* Exercise *
In the listing below, how many lines contain "HasNumbers"? Answer with the number alone.

* Data supplied *
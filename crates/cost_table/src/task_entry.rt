//! One entry of a tasks file.

ghost use Rattle.std.specs.Prelude.{◌≡◌, ◌↔◌, ◌≢◌, pos, All, IfSome, IfNone, IsTrue, string_bytes};
ghost use Rattle.std.specs.Option.{option_map};
ghost use Rattle.std.specs.List.{list_all};
ghost use Rattle.std.specs.BTreeMap.{keys};
ghost use Rattle.toml.specs.View.{table_view, view};
ghost use Rattle.cost_table.specs.TaskFiles.{is_task_key, is_task_top, task_entry, task_members, AreInRange};
ghost use Rattle.cost_table.specs.TaskFiles.{HasNumbers, IsFrom, IsNameByte, IsTaskName};

use crate::keys::{number_at, text_at};
use crate::task_set::Task;
use toml::{Table, Value};

/// What an entry says of its task, beside the name.
#[derive(Clone, Copy)]
pub struct TaskNumbers {
    pub cost: i64,
    pub period: i64,
    pub deadline: i64,
    pub priority: i64,
}

/// The same where each number is in its range.
#[derive(Clone, Copy)]
pub struct Sizes {
    pub cost: u32,
    pub period: u32,
    pub deadline: u32,
    pub priority: u32,
}

// The key is one of an entry of tasks.
fn is_task_key(key: &str) -> bool
    ensures { result ≡ is_task_key key.now }
{
    key == "name" || key == "cost" || key == "period" || key == "deadline" || key == "priority"
}

// Each key is one of an entry of tasks.
fn has_task_keys(table: &Table) -> bool
    ensures { result ≡ list_all (λ key. is_task_key (string_bytes key)) (keys table.now) }
{
    table.keys().all(|key| is_task_key(key.as_str()))
}

// The key is the one that may stand at the top.
fn is_task_top(key: &str) -> bool
    ensures { result ≡ is_task_top key.now }
{
    key == "task"
}

// Each key at the top is the one that may stand there.
pub fn has_task_top(table: &Table) -> bool
    ensures { result ≡ list_all (λ key. is_task_top (string_bytes key)) (keys table.now) }
{
    table.keys().all(|key| is_task_top(key.as_str()))
}

// The name and the numbers of an entry that has its keys.
pub fn task_entry(value: &Value) -> Option<(&str, TaskNumbers)>
    ensures { option_map (λ entry. (entry.0.now, entry.1)) result ≡ task_entry (view value.now) }
{
    match value.as_table() {
        Some(table) => task_members(table),
        None => None,
    }
}

// The same of its table.
#[tactic(auto, using(crate::proofs::Seen::only_keys_all))]
fn task_members(table: &Table) -> Option<(&str, TaskNumbers)>
    ensures { option_map (λ entry. (entry.0.now, entry.1)) result ≡ task_members (table_view table.now) }
{
    if !has_task_keys(table) {
        return None;
    }
    let name = text_at(table, "name")?;
    let cost = number_at(table, "cost")?;
    let period = number_at(table, "period")?;
    let deadline = number_at(table, "deadline")?;
    let priority = number_at(table, "priority")?;
    Some((
        name,
        TaskNumbers {
            cost,
            period,
            deadline,
            priority,
        },
    ))
}

// The number, if it is at least this one and has 32 bits.
fn number_from(least: u32, number: i64) -> Option<u32>
    ensures some { IfSome result (λ n. (number ≡ pos n) × IsFrom least number) }
    ensures none { IfNone result (¬ IsFrom least number) }
{
    if number < i64::from(least) || number > 4294967295 {
        return None;
    }
    Some(number as u32)
}

// The numbers of an entry, if each is in its range.
pub fn sizes_of(numbers: &TaskNumbers) -> Option<Sizes>
    ensures some { IfSome result (λ sizes. HasNumbers numbers.now sizes × AreInRange numbers.now) }
    ensures none { IfNone result (¬ AreInRange numbers.now) }
{
    let cost = number_from(1, numbers.cost)?;
    let period = number_from(1, numbers.period)?;
    let deadline = number_from(1, numbers.deadline)?;
    let priority = number_from(0, numbers.priority)?;
    if deadline > period {
        return None;
    }
    Some(Sizes {
        cost,
        period,
        deadline,
        priority,
    })
}

// The byte may stand in a task's name.
fn is_name_byte(byte: u8) -> bool
    ensures { IsTrue result ↔ IsNameByte byte }
{
    byte >= 32 && byte <= 126 && byte != 34 && byte != 92
}

// The text may be a task's name.
pub fn is_task_name(name: &str) -> bool
    ensures { IsTrue result ↔ IsTaskName name.now }
{
    let bytes = name.as_bytes();
    if bytes.is_empty() || bytes.len() > 64 {
        return false;
    }
    bytes.iter().all(|byte| is_name_byte(*byte))
}

// No task has this priority.
pub fn is_free(tasks: &[Task], priority: u32) -> bool
    ensures { IsTrue result ↔ All (λ task. task.priority ≢ priority) tasks.now }
{
    tasks.iter().all(|task| task.priority != priority)
}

* Output of the task *
2